An example of event risk is a corporate takeover or corporate restructuring. A specific
example of event risk is the 1988 takeover of RJR Nabisco for $25 billion through a
financing technique known as a leveraged buyout (LBO). The new company took on a
substantial amount of debt incurred to finance the acquisition of the firm. In the case of RJR
Nabisco, the debt and equity after the leveraged buyout were $29.9 and $1.2 billion,
respectively. Because the corporation must service a larger amount of debt, its bond quality
rating was reduced; RJR Nabiscos quality rating as assigned by Moodys dropped from A1
to B3. The impact of the initial LBO bid announcement on the credit spreads for RJR
Nabiscos debt was an increase from 100 basis points to 350 basis points. Event risk can have
spillover effects on other firms.

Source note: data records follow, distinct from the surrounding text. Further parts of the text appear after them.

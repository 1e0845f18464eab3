//! What an operation on the directories does (directoryLayerTester.md).

ghost use Rattle.std.specs.Prelude.{◌≡◌, IfOk, OnOk};
ghost use Rattle.model_machine.specs.StackOperations.{pushed};
ghost use Rattle.model_machine.specs.Directories.{appends};
ghost use Rattle.model_machine.specs.Machines.{Does, directs_to, faulting, lacking, with_stack};
ghost use Rattle.stack_directories.specs.Directing.{said, AreElements, GivesElements};
ghost use Rattle.machine_registers.specs.Acts.{act_with};

use crate::act::Act;
use crate::registers::Registers;
use fdb_calls::SharedRequest;
use fdb_tuple::Elem;
use key_bytes::Bytes;
use model_machine::{DirectoryOperation, Object};
use stack_directories::Directed;
use std::alloc::AllocError;

impl Registers {
    /// Does in the instruction of this number what its operation on the directories comes to, which appends an object or doesn't.
    pub(crate) fn direct(
        &mut self,
        number: u64,
        appends: bool,
        directed: Directed,
    ) -> Result<Act, AllocError>
        requires { GivesElements directed }
        ensures { IfOk result (λ act. act_with self.new act ≡ directs_to number appends self.old (said directed)) }
    {
        match directed {
            Directed::Appends(object) => {
                self.append(object)?;
                Ok(Act::Does)
            }
            Directed::Gives(elements) => self.give(number, elements),
            Directed::Chooses(index) => {
                self.choose(index);
                Ok(Act::Does)
            }
            Directed::FallsTo(index) => {
                self.fall_to(index);
                Ok(Act::Does)
            }
            Directed::Faults(fault) => {
                let name = Bytes::from_slice(self.alloc(), fault.name())?;
                self.fault(number, appends, name)
            }
            Directed::Asks(request, awaits) => {
                let asked = SharedRequest::new(self.alloc(), request)?;
                Ok(Act::Asks(asked, awaits))
            }
        }
    }

    // Pushes these elements, one after the other.
    fn give(&mut self, number: u64, elements: Vec<Elem>) -> Result<Act, AllocError>
        requires { AreElements elements.items }
        ensures { IfOk result (λ act. act_with self.new act
            ≡ Does (with_stack self.old (pushed number elements.items self.old.stack))) }
    {
        for element in elements {
            self.put(number, element)?;
        }
        Ok(Act::Does)
    }

    // Notes a fault on the directories by its name, and pushes the fixed text that tells of one. The operation appends null where
    // it appends an object.
    pub(crate) fn fault(
        &mut self,
        number: u64,
        appends: bool,
        name: Bytes,
    ) -> Result<Act, AllocError>
        ensures { IfOk result (λ act. act_with self.new act ≡ Does (faulting number appends self.old name)) }
    {
        self.lack(appends)?;
        self.note(number, name)?;
        self.push_text(number, b"DIRECTORY_ERROR")
    }

    // Null is appended where an operation was to append an object.
    fn lack(&mut self, appends: bool) -> Result<(), AllocError>
        ensures { OnOk result (self.new ≡ lacking appends self.old) }
    {
        if appends {
            self.append(Object::Null)
        } else {
            Ok(())
        }
    }
}

/// Tells whether an operation appends an object, which is null where it has a fault.
pub(crate) fn appends(operation: DirectoryOperation) -> bool
    ensures { result ≡ appends operation }
{
    matches!(
        operation,
        DirectoryOperation::CreateSubspace
            | DirectoryOperation::CreateLayer
            | DirectoryOperation::CreateOrOpen
            | DirectoryOperation::Create
            | DirectoryOperation::Open
            | DirectoryOperation::Move
            | DirectoryOperation::MoveTo
            | DirectoryOperation::OpenSubspace
    )
}
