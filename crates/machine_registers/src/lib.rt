//! What the instructions of a machine work on (`Registers`), and what they come to on it (`Act`): an instruction is run as far as its
//! first request, whose operands it pops. What stands here is that of the definitions (`model_machine`, `specs/Machines.antt`).
//!
//! # Choices
//!
//! - A poll names a life alone, since what waits is always the uppermost item that waits: operands lie one below the other,
//!   and the first that waits is polled for.
//! - A request lies in a block of its own (`request_of`), since it has 112 bytes, and a dozen answers on its way would each
//!   copy it.
#![tactic(auto)]

mod act;
mod call;
mod directing;
mod directory_replies;
mod errors;
mod reads;
mod registers;
mod requests;

pub use act::{Act, ask_empty};
pub use call::prefix_end;
pub use errors::{Errors, error_item};
pub use registers::Registers;
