//! What the reply to a call of a directory layer is used for (directoryLayerTester.md).

ghost use Rattle.std.specs.Prelude.{◌≡◌, ◌++◌, ◌∷◌, List, ℕ, IfOk, OnOk};
ghost use Rattle.model_machine.specs.Machines.{packed_names, used, use_of, Faults};
ghost use Rattle.model_machine.specs.Directories.{fault_name};
ghost use Rattle.machine_registers.specs.Acts.{act_with};
ghost use Rattle.machine_registers.specs.Packed.{spelled_names};

use crate::act::Act;
use crate::registers::Registers;
use directory_types::{DirFault, DirReply, Layer};
use fdb_calls::Reply;
use fdb_tuple::{Elem, Text, pack_element_into};
use key_bytes::Bytes;
use model_machine::Awaits;
use stack_directories::{digits_of, directory_of, fault_name};
use std::alloc::{AllocError, Global};

impl Registers {
    /// Appends the directory of this layer that was opened, or null where the call was refused.
    pub fn use_opened(
        &mut self,
        number: u64,
        layer: &Layer,
        reply: &Reply,
    ) -> Result<Act, AllocError>
        ensures { IfOk result (λ act. act_with self.new act ≡ used number self.old (use_of (Awaits.Opened layer.now) reply.now)) }
    {
        match reply {
            Reply::Dir(answer) => self.use_directory(layer, answer.get()),
            Reply::DirFault(fault) => self.use_fault(number, true, fault),
            _ => Ok(Act::Does),
        }
    }

    /// Uses a reply that tells nothing but whether the call was refused: pushes nothing where it wasn't.
    pub fn use_done(&mut self, number: u64, reply: &Reply) -> Result<Act, AllocError>
        ensures { IfOk result (λ act. act_with self.new act ≡ used number self.old (use_of Awaits.DirectoryDone reply.now)) }
    {
        match reply {
            Reply::DirFault(fault) => self.use_fault(number, false, fault),
            _ => Ok(Act::Does),
        }
    }

    /// Pushes the names, as one packed tuple.
    pub fn use_names(&mut self, number: u64, reply: &Reply) -> Result<Act, AllocError>
        ensures { IfOk result (λ act. act_with self.new act ≡ used number self.old (use_of Awaits.Names reply.now)) }
    {
        match reply {
            Reply::Dir(answer) => self.push_names(number, answer.get()),
            Reply::DirFault(fault) => self.use_fault(number, false, fault),
            _ => Ok(Act::Does),
        }
    }

    /// Pushes 1 where there is such a directory, and else 0.
    pub fn use_existence(&mut self, number: u64, reply: &Reply) -> Result<Act, AllocError>
        ensures { IfOk result (λ act. act_with self.new act ≡ used number self.old (use_of Awaits.Existence reply.now)) }
    {
        match reply {
            Reply::Dir(answer) => self.push_existence(number, answer.get()),
            Reply::DirFault(fault) => self.use_fault(number, false, fault),
            _ => Ok(Act::Does),
        }
    }

    /// Uses the reply to a subspace's logging: pushes nothing where it wasn't refused.
    pub fn use_logged(&mut self, number: u64, reply: &Reply) -> Result<Act, AllocError>
        ensures { IfOk result (λ act. act_with self.new act ≡ used number self.old (use_of Awaits.SubspaceLogged reply.now)) }
    {
        match reply {
            Reply::Fault(code) => {
                let digits = digits_of(self.alloc(), code.0)?;
                self.fault(number, false, digits)
            }
            _ => Ok(Act::Does),
        }
    }

    // The directory of this layer that was opened is appended.
    fn use_directory(&mut self, layer: &Layer, answer: &DirReply) -> Result<Act, AllocError>
        ensures { IfOk result (λ act. (number : ℕ) → act_with self.new act
            ≡ used number self.old (use_of (Awaits.Opened layer.now) (Reply.Dir answer.now))) }
    {
        if let DirReply::Opened {
            prefix,
            path,
            layer: layer_name,
        } = answer
        {
            self.append(directory_of(self.alloc(), layer, path, prefix, layer_name)?)?;
        }
        Ok(Act::Does)
    }

    // The names that were answered are pushed.
    fn push_names(&mut self, number: u64, answer: &DirReply) -> Result<Act, AllocError>
        ensures { IfOk result (λ act. act_with self.new act ≡ used number self.old (use_of Awaits.Names (Reply.Dir answer.now))) }
    {
        if let DirReply::Names(names) = answer {
            let packed = pack_names(self.alloc(), names.as_slice())?;
            self.put(number, Elem::Bytes(packed))?;
        }
        Ok(Act::Does)
    }

    // 1 is pushed where it was answered that there is one, and else 0.
    fn push_existence(&mut self, number: u64, answer: &DirReply) -> Result<Act, AllocError>
        ensures { IfOk result (λ act. act_with self.new act ≡ used number self.old (use_of Awaits.Existence (Reply.Dir answer.now))) }
    {
        if let DirReply::Is(is) = answer {
            self.put(number, Elem::Int(i128::from(*is)))?;
        }
        Ok(Act::Does)
    }

    // A call of a layer was refused.
    fn use_fault(&mut self, number: u64, appends: bool, fault: &DirFault) -> Result<Act, AllocError>
        ensures { IfOk result (λ act. act_with self.new act ≡ used number self.old (Faults appends (fault_name fault.now))) }
    {
        let name = fault_name(self.alloc(), fault)?;
        self.fault(number, appends, name)
    }
}

// Names as one packed tuple of Unicode strings.
fn pack_names(alloc: Global, names: &[Text]) -> Result<Bytes, AllocError>
    ensures { IfOk result (λ packed. Elem.Bytes packed ≡ packed_names names.now) }
{
    let mut packed = Vec::new(alloc);
    for name in names {
        add_name(&mut packed, name)?;
    }
    Bytes::from_vec(packed)
}

// Adds a name.
fn add_name(to: &mut Vec<u8>, name: &Text) -> Result<(), AllocError>
    ensures { OnOk result ((rest : List (List ℕ)) → to.new.items ++ spelled_names rest
        ≡ to.old.items ++ spelled_names (name.now ∷ rest)) }
{
    pack_element_into(to, &Elem::Text(name.copy()?))
}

Consider once again the RJR Nabisco LBO. An LBO of $25
billion was considered impractical prior to the RJR Nabisco LBO, but the RJR transaction
showed that size was not an obstacle, and other large firms previously thought to be unlikely
candidates for an LBO became fair game resulting in an increase in their credit spread.
An example of headline risk is a natural or industrial accident that would be expected to have
an adverse economic impact on a corporation. For example, an accident at a nuclear power
plant is likely to have an adverse impact on the credit spread of the debt of the corporation
that owns the plant. Just as with event risk, there may be spillover effects.